*Exercise directions*
In the entries below, find every line with "taker" and copy it.

[Stored data]
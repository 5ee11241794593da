// The openings and the calls, each with the scratch arrays that its sheet asks for: for 128 items, 1,024 or 4,096, by the item count that
// the first field says. A sheet that says more is refused with the largest. Sheet, index and table go one by one, as C lends them.
#![tactic(auto)]

ghost use Rattle.std.specs.Prelude.{◌≡◌, ◌≤◌};
ghost use Rattle.layout.specs.Room.{room_for};
ghost use Rattle.circuit.specs.Call as machine_call;
ghost use Rattle.circuit.specs.Call.{bare, full};
ghost use Rattle.office.specs.Office.{open_on, call_on, keeping};
ghost use Rattle.admission.specs.Answers.{Tried};
ghost use Rattle.call_open.specs.Opening.{Opens, opening_by};
ghost use Rattle.call_ask.specs.Asking.{TriedValue};
ghost use Rattle.call_board.specs.Showing.{BoardTried};
ghost use Rattle.calls.specs.Rooms.{room_of, least_for};

use call_open::Opening;
use cause::Fault;
use value::Value;

const SMALL: usize = 128;

const MEDIUM: usize = 1024;

const LARGE: usize = 4096;

#[derive(Clone, Copy, PartialEq, Eq, Debug)]
enum Size {
    Small,
    Medium,
    Large,
}

// The least size that has the room that the sheet's items need.
fn size_for(sheet: &[u8]) -> Size
    ensures least { result ≡ least_for (room_for sheet.now) }
    ensures enough { room_for sheet.now ≤ room_of result }
{
    let room = sheet::room_for(sheet);
    if room <= SMALL {
        Size::Small
    } else if room <= MEDIUM {
        Size::Medium
    } else {
        Size::Large
    }
}

// A function of scratch at the size for the sheet. The size is in the function's type, so each size is a call of its own. A macro, since
// the calls take different things: a function would take three closures, each of which would borrow the table, and would be no plainer.
macro_rules! by_size {
    ($call:ident, $sheet:ident $(, $rest:expr)*) => {
        match size_for($sheet) {
            Size::Small => scratch::$call::<SMALL>($sheet $(, $rest)*),
            Size::Medium => scratch::$call::<MEDIUM>($sheet $(, $rest)*),
            Size::Large => scratch::$call::<LARGE>($sheet $(, $rest)*),
        }
    };
}

fn open_by(sheet: &[u8], index: &mut [u8], table: &mut [u8], opening: Opening) -> Result<(), Fault>
    ensures { Opens (open_on (opening_by opening) sheet.now (keeping index.old table.old)) result index.new table.new }
{
    by_size!(open_by, sheet, index, table, opening)
}

// Opening with every figure UNK.
pub fn open_bare(sheet: &[u8], index: &mut [u8], table: &mut [u8]) -> Result<(), Fault>
    ensures { Opens (open_on bare sheet.now (keeping index.old table.old)) result index.new table.new }
{
    open_by(sheet, index, table, Opening::Bare)
}

// Opening with every figure NULL.
pub fn open_full(sheet: &[u8], index: &mut [u8], table: &mut [u8]) -> Result<(), Fault>
    ensures { Opens (open_on full sheet.now (keeping index.old table.old)) result index.new table.new }
{
    open_by(sheet, index, table, Opening::Full)
}

pub fn post(
    sheet: &[u8],
    index: &[u8],
    table: &mut [u8],
    item: u64,
    kind: u64,
    number: i64,
) -> Result<(), Fault>
    ensures { Tried (call_on sheet.now (keeping index.now table.old) (machine_call.post item kind number)) result table.new }
{
    by_size!(post, sheet, index, table, item, kind, number)
}

pub fn swap(
    sheet: &[u8],
    index: &[u8],
    table: &mut [u8],
    giver: u64,
    taker: u64,
    quantity: i64,
) -> Result<(), Fault>
    ensures { Tried (call_on sheet.now (keeping index.now table.old) (machine_call.swap giver taker quantity)) result table.new }
{
    by_size!(swap, sheet, index, table, giver, taker, quantity)
}

pub fn keep(sheet: &[u8], index: &[u8], table: &mut [u8], item: u64) -> Result<(), Fault>
    ensures { Tried (call_on sheet.now (keeping index.now table.old) (machine_call.keep item)) result table.new }
{
    by_size!(keep, sheet, index, table, item)
}

pub fn drop_figure(sheet: &[u8], index: &[u8], table: &mut [u8], item: u64) -> Result<(), Fault>
    ensures { Tried (call_on sheet.now (keeping index.now table.old) (machine_call.drop item)) result table.new }
{
    by_size!(drop_figure, sheet, index, table, item)
}

pub fn step(sheet: &[u8], index: &[u8], table: &mut [u8], item: u64) -> Result<(), Fault>
    ensures { Tried (call_on sheet.now (keeping index.now table.old) (machine_call.step item)) result table.new }
{
    by_size!(step, sheet, index, table, item)
}

pub fn ask(sheet: &[u8], index: &[u8], table: &mut [u8], item: u64) -> Result<Value, Fault>
    ensures { TriedValue (call_on sheet.now (keeping index.now table.old) (machine_call.ask item)) result table.new }
{
    by_size!(ask, sheet, index, table, item)
}

pub fn board(
    sheet: &[u8],
    index: &[u8],
    table: &mut [u8],
    items: &[u8],
    results: &mut [u8],
) -> Result<(), Fault>
    ensures { BoardTried (call_on sheet.now (keeping index.now table.old) (machine_call.board items.now results.old)) result results.new table.new }
{
    by_size!(board, sheet, index, table, items, results)
}

pub fn close(sheet: &[u8], index: &[u8], table: &mut [u8]) -> Result<(), Fault>
    ensures { Tried (call_on sheet.now (keeping index.now table.old) machine_call.close) result table.new }
{
    by_size!(close, sheet, index, table)
}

*Result*
    taker: u64,
    ensures { Tried (call_on sheet.now (keeping index.now table.old) (machine_call.swap giver taker quantity)) result table.new }
    by_size!(swap, sheet, index, table, giver, taker, quantity)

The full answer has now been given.